Networked Microphones Are Audio Game-Changers

Voyage Audio microphones
Voyage Audio’s Spatial Mic Dante has become a key player at major sports events. (Image credit: Voyage Audio)

Even with only a few decades’ perspective, it’s reasonable to look back at the development of IP, the internet protocol, as an enabling technology on par with the plow, the printing press and the steam engine. In broadcast, as audio-over-IP standards have solidified in recent years, networking has become increasingly commonplace, providing a solid foundation for future developments.

Until relatively recently, microphones were the one component in the audio signal chain that wasn’t networked.

“There are some huge advantages to networked microphones,” Roger Charlesworth, executive director at DTV Audio Group, said. “They reduce some cost, and they reduce some rigging time.”

It’s no surprise, then, that Voyage Audio’s Spatial Mic Dante, a recipient of the Best of Show Award from Mix magazine last year at this convention, has been finding applications at major sports events nationwide, including the biggest date on the NFL’s calendar.

The eight-capsule, Dante-networked mic supports Ambisonics, surround and immersive formats and, new at NAB Show, a 4.0.4 output, as well as stereo and mono. Preamps, converters and the digital signal processor (DSP) are housed within the mic casing, remote-controlled by software and routed over Dante.

SOUND ON THE MOVE

“A lot of major broadcast companies are testing them out for hockey, baseball, football and soccer,” typically to capture the crowd or other ambience, such as a marching band, said company co-founder Steve Silva.

Wheatstone Virtual Strada

(Image credit: Wheatstone)

“Since there’s not a whole bunch of extra gear to set up, it allows you to deploy it in unique locations,” he said, such as a hallway that the players take to get to the field.

The polar pattern and stereo width are software-controlled, and, in the new update, Voyage is adding 360-degree rotation in any format.

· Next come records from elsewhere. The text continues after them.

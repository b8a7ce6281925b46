//! The command `shrink`: a shorter schedule of a script, which ends alike.

ghost use Rattle.std.specs.{Prelude.{◌≡◌, [], IfErr, IfOk, true}};
ghost use Rattle.cml_host.specs.{Refused.{RefusesAs}, Replies.{plain_of}};
ghost use Rattle.cml_host.specs.{Shrunk.{GivesShorter, IsNotShorter, IsShorterFor, IsUnshrunk}, Stores.{IsUnchanged}};
ghost use Rattle.cml_check.specs.Sizes.{size_of};
ghost use Rattle.cml_hub.specs.Kept.{IsBudget};
ghost use Rattle.cml_schedule.specs.Written.{schedule_text};

use crate::opening::{Opened, REFUSED, open_both};
use crate::refusal::Refusal;
use crate::replay::tell_bad;
use crate::reply::Reply;
use crate::store::Store;
use crate::wanted::{ALONE, find_properties};
use cml_arguments::ShrinkOptions;
use cml_check::Prog;
use cml_explore::shrink::{Asked, ShrinkFault, Shrunk, shrink, tell_shrunk, write_shrunk};
use cml_hub::{Item, Plan};
use cml_schedule::schedule_text;
use std::alloc::{AllocError, Global};

/// A shorter schedule of the script that lies under its name for the one that lies under its own, which ends alike; and how long both are.
///
/// # Errors
/// What is wrong with either, which is explained; or out of memory.
pub fn shrink_file<S: Store>(
    alloc: Global,
    options: &ShrinkOptions<'_>,
    store: &mut S,
) -> Result<Reply, Refusal>
    ensures ok { IfOk result (λ reply. IsShorterFor options.now (S.holds store.old) (plain_of reply)) }
    ensures err { IfErr result (RefusesAs (IsUnshrunk options.now (S.holds store.old))) }
    ensures same { IsUnchanged (S.holds store.old) (S.holds store.new) }
{
    let both = open_both(alloc, options.script, options.schedule, store)?;
    let properties = find_properties(alloc, &options.properties, ALONE, true, store)?;
    let asked = Asked {
        budget: budget_of(&both),
        tries: options.tries,
        properties: properties.as_slice(),
        stops: options.stop,
    };
    shrink_plan(alloc, both, asked)
}

// The budget of the schedule that was read.
fn budget_of(both: &Opened<'_>) -> u64
    requires { IsBudget both.now.plan.budget }
    ensures same { result ≡ both.now.plan.budget }
    ensures budget { IsBudget result }
{
    both.plan.budget
}

// For the schedule that was read.
fn shrink_plan(alloc: Global, both: Opened<'_>, asked: Asked<'_>) -> Result<Reply, Refusal>
    requires budget { IsBudget asked.budget }
    requires read { IsBudget both.plan.budget }
    ensures ok { IfOk result (λ reply. GivesShorter both.entry.program asked.entry both.entry.plan (plain_of reply)) }
    ensures err { IfErr result (RefusesAs (IsNotShorter both.entry.program asked.entry both.entry.plan)) }
{
    let Opened {
        program,
        subject,
        plan,
        text,
    } = both;
    let items = plan.items.as_slice();
    let tries = asked.tries;
    match shrink(alloc, &program, asked, items) {
        Ok(found) => {
            let shorter = make_shorter(alloc, &program, plan.budget, items, &found, tries);
            drop(program);
            Ok(shorter?)
        }
        Err(ShrinkFault::BadItem(number)) => {
            let told = tell_bad(
                alloc,
                program,
                Some(&subject),
                text.as_slice(),
                &plan,
                number,
            )?;
            Err(Refusal::Told(told, REFUSED))
        }
        Err(ShrinkFault::NoBreak) => {
            drop(program);
            Err(Refusal::Line("schedule breaks nothing before its end\n", REFUSED))
        }
        Err(ShrinkFault::Memory) => {
            drop(program);
            Err(Refusal::Memory)
        }
    }
}

// What is told of what was found for these items, where there might be so many tries.
fn make_shorter(
    alloc: Global,
    program: &Prog,
    budget: u64,
    given: &[Item],
    found: &Shrunk,
    tries: u64,
) -> Result<Reply, AllocError>
    ensures schedule { IfOk result (λ reply. reply.output.items ≡ schedule_text budget (size_of program.now) found.now.items) }
    ensures alone { IfOk result (λ reply. (reply.files.items ≡ []) × (reply.status ≡ 0)) }
{
    let schedule = schedule_text(alloc, budget, program.size(), found.items())?;
    let mut words = Vec::new(alloc);
    write_shrunk(alloc, &mut words, tell_shrunk(given, found, tries))?;
    Ok(Reply {
        output: schedule.into_bytes(),
        files: Vec::new(alloc),
        words,
        status: 0,
    })
}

“It’s another tool for the user to tailor the sound to how they want it,” Silva said, by optimizing the image or steering it away from, say, a noisy crowd section, without an A2 having to go and physically adjust the mic.

Other mic manufacturers have developed AoIP mic products, certainly, but typically for applications such as conference rooms. Some sports broadcast A1s have taken notice and have been testing some of those products at events, Charlesworth said.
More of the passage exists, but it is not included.